Optimizer and model performance

Note

This page is still under development. Questions and comments are welcome to improve usability.

Introduction

Computing performance is a complex topic and in a modeling set like GenX, where the user has a large amount of flexibilit within the model definition, on generic one-size-fits-all solution is possible.

In this chapter I will therefore explain what has been implemented in GenX to try to optimize the general model performance (mostly for reflectivity) and the different options in the optimizer settings you can use to tune the calculation to your sepcific model.

Main factors determining performance

Single model execution

When simulating a single model, no generic solution for parallel processing can be applied.
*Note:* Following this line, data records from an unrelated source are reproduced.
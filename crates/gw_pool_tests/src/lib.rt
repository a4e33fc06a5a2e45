//! The tests of jobs, the job table, shares, the board and workers, and of an answer that can't be
//! flushed.
//!
//! They are worked examples, and threads that publish and read side by side. What models do is in
//! the cases (docs/cases.md).
#![tactic(auto)]

#[cfg(test)]
mod tests;
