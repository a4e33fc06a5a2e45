//! The axis on which marks lie, and places on it, in tenths of pixels from the upper end of the picture.

ghost use Rattle.std.specs.Prelude.{◌≡◌, ◌≤◌, ◌<◌, ◌*◌, ◌^◌};
ghost use Rattle.gw_comparison.specs.Frames as model;

use crate::axis::Frame;
use crate::marks::Mark;
use gw_drawing::numbers::round_step;

/// So many steps of an axis.
#[tactic(auto, using(crate::proofs::Reach::reach_most))]
pub(crate) fn reach_of(frame: &Frame, steps: u64) -> u128
    requires { steps ≤ 10 }
    ensures value { result ≡ model.reach_of frame.now steps }
    ensures most { result ≤ 2 ^ 70 * 10 }
{
    frame.step * steps as u128
}

/// How far below 0 a mark reaches.
fn depth_at(mark: &Option<Mark>) -> u128
    ensures { result ≡ model.depth_at mark.now }
{
    match mark {
        Some(mark) if mark.low < 0 => mark.low.unsigned_abs(),
        _ => 0,
    }
}

/// How far above 0 a mark reaches.
fn height_at(mark: &Option<Mark>) -> u128
    ensures { result ≡ model.height_at mark.now }
{
    match mark {
        Some(mark) if mark.high > 0 => mark.high.unsigned_abs(),
        _ => 0,
    }
}

/// How far below 0 marks reach.
#[tactic(auto, unfolding(crate::specs::Frames::depth_from))]
fn depth_of(marks: &[Option<Mark>]) -> u128
    ensures { result ≡ model.depth_from 0 marks.now }
{
    let mut depth = 0;
    for i in 0..marks.len() {
        depth = depth_at(&marks[i]).max(depth);
    }
    depth
}

/// How far above 0 marks reach.
#[tactic(auto, unfolding(crate::specs::Frames::height_from))]
fn height_of(marks: &[Option<Mark>]) -> u128
    ensures { result ≡ model.height_from 0 marks.now }
{
    let mut height = 0;
    for i in 0..marks.len() {
        height = height_at(&marks[i]).max(height);
    }
    height
}

/// How many steps reach so far; at most 5.
fn steps_to(size: u128, step: u128) -> u64
    requires { 0 < step }
    ensures value { result ≡ model.steps_to size step }
    ensures most { result ≤ 5 }
{
    size.div_ceil(step).min(5) as u64
}

/// The axis that reaches so far below 0, and so far above: at most 2^62 millionths.
fn frame_to(depth: u128, height: u128) -> Frame
    ensures { model.IsFrame depth height result }
{
    let step = round_step(depth.max(height).clamp(1, 1 << 62) as u64);
    let below = steps_to(depth, step);
    let steps = (below + steps_to(height, step)).max(1);
    Frame { step, below, steps }
}

/// The axis on which all marks lie.
pub(crate) fn frame_of(marks: &[Option<Mark>]) -> Frame
    ensures { model.IsFrame (model.depth_from 0 marks.now) (model.height_from 0 marks.now) result }
{
    frame_to(depth_of(marks), height_of(marks))
}

/// How far above the lower end of an axis a number lies.
fn part_of(frame: &Frame, number: &i128) -> u128
    ensures { result ≡ model.part_of frame.now number.now }
{
    let lowest = reach_of(frame, frame.below);
    if *number < 0 {
        lowest.saturating_sub(number.unsigned_abs())
    } else {
        lowest + number.unsigned_abs()
    }
}

/// The place of a number, from the upper end of the picture.
#[tactic(auto, using(crate::proofs::Reach::reach_some, crate::proofs::Reach::part_le))]
pub(crate) fn place_of(frame: &Frame, number: &i128) -> u64
    ensures value { result ≡ model.place_of frame.now number.now }
    ensures range { result ≤ 3500 }
{
    let whole = reach_of(frame, frame.steps);
    let part = part_of(frame, number).min(whole);
    3_500 - (2_800 * part / whole) as u64
}
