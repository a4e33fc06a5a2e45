//! The laws of answers, as the contract of a function that does nothing.

ghost use Rattle.gw_answers.specs.Laws.{SomeAnswer, OneAnswer};

/// Bytes, a seed and a count have exactly one text and status, so that what `run` has to write is a function of them.
#[tactic(auto, using(crate::proofs::SomeAnswers::some_answer, crate::proofs::OneAnswers::one_answer))]
pub fn answers_are_determined()
    ensures some { SomeAnswer }
    ensures one { OneAnswer }
{}
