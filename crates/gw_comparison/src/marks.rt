//! What is drawn of a figure at a point.

use crate::accounts::{account_in, column_of};
use crate::point::Point;
use gw_object::Memory;
use gw_statistics::Summary;
use std::alloc::Global;

/// A mean and its interval, in millionths.
#[derive(Clone, Copy)]
pub(crate) struct Mark {
    /// The mean.
    pub(crate) mean: i128,
    /// The lower end of the interval.
    pub(crate) low: i128,
    /// The upper end.
    pub(crate) high: i128,
}

/// What is drawn of a summary; a mean without an interval has one of no width.
fn mark_of(summary: &Summary) -> Mark {
    let half = summary.half_width.unwrap_or(0).min(1 << 100) as i128;
    Mark {
        mean: summary.mean,
        low: summary.mean.saturating_sub(half),
        high: summary.mean.saturating_add(half),
    }
}

/// What is drawn of a point, if it has the figure and a value there.
fn mark_at(alloc: Global, figure: &[u8], point: &Point) -> Result<Option<Mark>, Memory> {
    let Some(column) = column_of(&point.columns, figure) else {
        return Ok(None);
    };
    let account = account_in(alloc, column)?;
    match &account.summary {
        Some(summary) => Ok(Some(mark_of(summary))),
        None => Ok(None),
    }
}

/// What is drawn of all points.
pub(crate) fn marks_of(
    alloc: Global,
    figure: &[u8],
    points: &[Point],
) -> Result<Vec<Option<Mark>>, Memory> {
    let mut marks = Vec::new(alloc);
    for i in 0..points.len() {
        marks.push(mark_at(alloc, figure, &points[i])?)?;
    }
    Ok(marks)
}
Especially in Python with the so-called “Global Interpreter Lock” (GIL) there is no shared state between threads running on different cores.

While GenX tries to optimize the time consuming parts of a model execution using algorithms optimized for numpy and scipy functions, the resuling speed of models are typically 5-10x slower than implmentation in compiled languages like C++.
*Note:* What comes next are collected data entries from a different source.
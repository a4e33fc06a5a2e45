//! What the program has to say of one input: from bytes to a text and a status.
//!
//! It promises that a text and a status are what the bytes, a seed and a count determine, and has
//! the words of refusals and of an accepted object. For what planners ask it makes the job of a
//! model, a text or an object. It reads and writes nothing (docs/program.md).
#![tactic(auto)]

mod acceptance;
mod answer;
pub mod codes;
mod inputs;
mod job;
mod laws;
mod names;
mod reasons;
mod refusal;
mod request;
mod running;
mod service;
pub mod status;

pub use acceptance::Acceptance;
pub use answer::{
    Answer, BUDGET, NoJob, accepted_in, answer_acceptance, answer_of_job, answer_refusal,
    answer_to, run_to_end, spec_of,
};
pub use inputs::is_object;
pub use job::spec_of_model;
pub use laws::answers_are_determined;
pub use names::NAMES;
pub use reasons::refusal_with_reason;
pub use refusal::Refusal;
pub use request::Request;
pub use running::{Time, is_over, run_past};
pub use service::{refusal_of_job, without_place};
Since version 3.0.2, the core functions for reflectivity have been ported to the just-in-time (JIT) compiler package numba, which lead to single thread speedups of 2-5x. In addition, it allows parallelization of these functions, which can circumvent the GIL. Depending on the used CPU, complex models can gain another 2-10x speed improvement.

For the single calculations used during simulation, GenX does not provide any further flexibility to alter the computation. The only exception is the use of CUDA (NVidia GPU computation framework) that can be activated in the GUI “Fit” menu. The impact of this setting is strongly model dependant. With many datapoints (resolution convolution included) and large amount of layers the speed can be comparible with strong multicore CPUs while requiring less system resources. Because of several caveats and the need to re-compile the JIT code every time GenX is started I would not recommand this in most cases, at the moment.

Fitting the model

One advantage of the Differential Evolution algorithm is, that a large number of parameter sets are being calculated for every generation without any interdependance. This allows a relatively simple way of parallelizing computations as a pool of processes can be used with model parameters being passed to them every generation.

Any parallel computing solutions have overhead involved in setting up and communication between parallel threads. The optimizal settings will therefore depend on the complexity of the model.

A general rule of thumb is that the more complex a computation within a thread the lower the influence of the overhead of setting it up. At the same time, the more data is needed for a computation the more overhead is produced.

In GenX this means, that the parallel computation provided by the numba JIT functions is less effective is the model is a small number of layers and if the number of datapoints is small. So in the case of simple and fast models the multiprocessing of the differential evolution optimizer can lead to much higher preformance. GenX does automatically reduce the number of cores used by numba functions when the process number in the optimizer settings is increased (simulations still use the maximum available cores). Transfer to the processes also has its overhead, that can be influenced by the “items/chunk” parameter as well as the population size.

Tips to optimize your model performance

  • Always use the “Speed” indication in the status bar at the bottom of the window. It shows, how many function evaluations per second are being calculated during the fit

  • If you do not need it, you can disable “ignore fom nan” and “ignore fom inf”, which can slightly improve performance

  • Try out different settings of population size, items/chunk, parallel on/off and number of processes

Simple models

  • Models with <20 layers and a few 100 datapoints

  • Expected computation speed >300 (can reach >10000 if optimized)

  • Use parallel processing with process=cores/threads.

  • Use large population size 100-1000

  • Adapt chunk/item to be =(population size)/(processes)

Complex models

  • These can have 100 or more layers and resolution convolution that leads to >1000 datapoints

  • Expected computation speed <150

  • Try without parallel processing or small number of parallel threads (2-4)

  • If CUDA is available, especially for neutron spin-flip calculations, try using CUDA in conjunction with 2-8 parallel threads. In this case one of the threads will run on GPU. In tests this could lead to 1.5x to 2.0x improvement, even on a system with powerful 16-core CPU.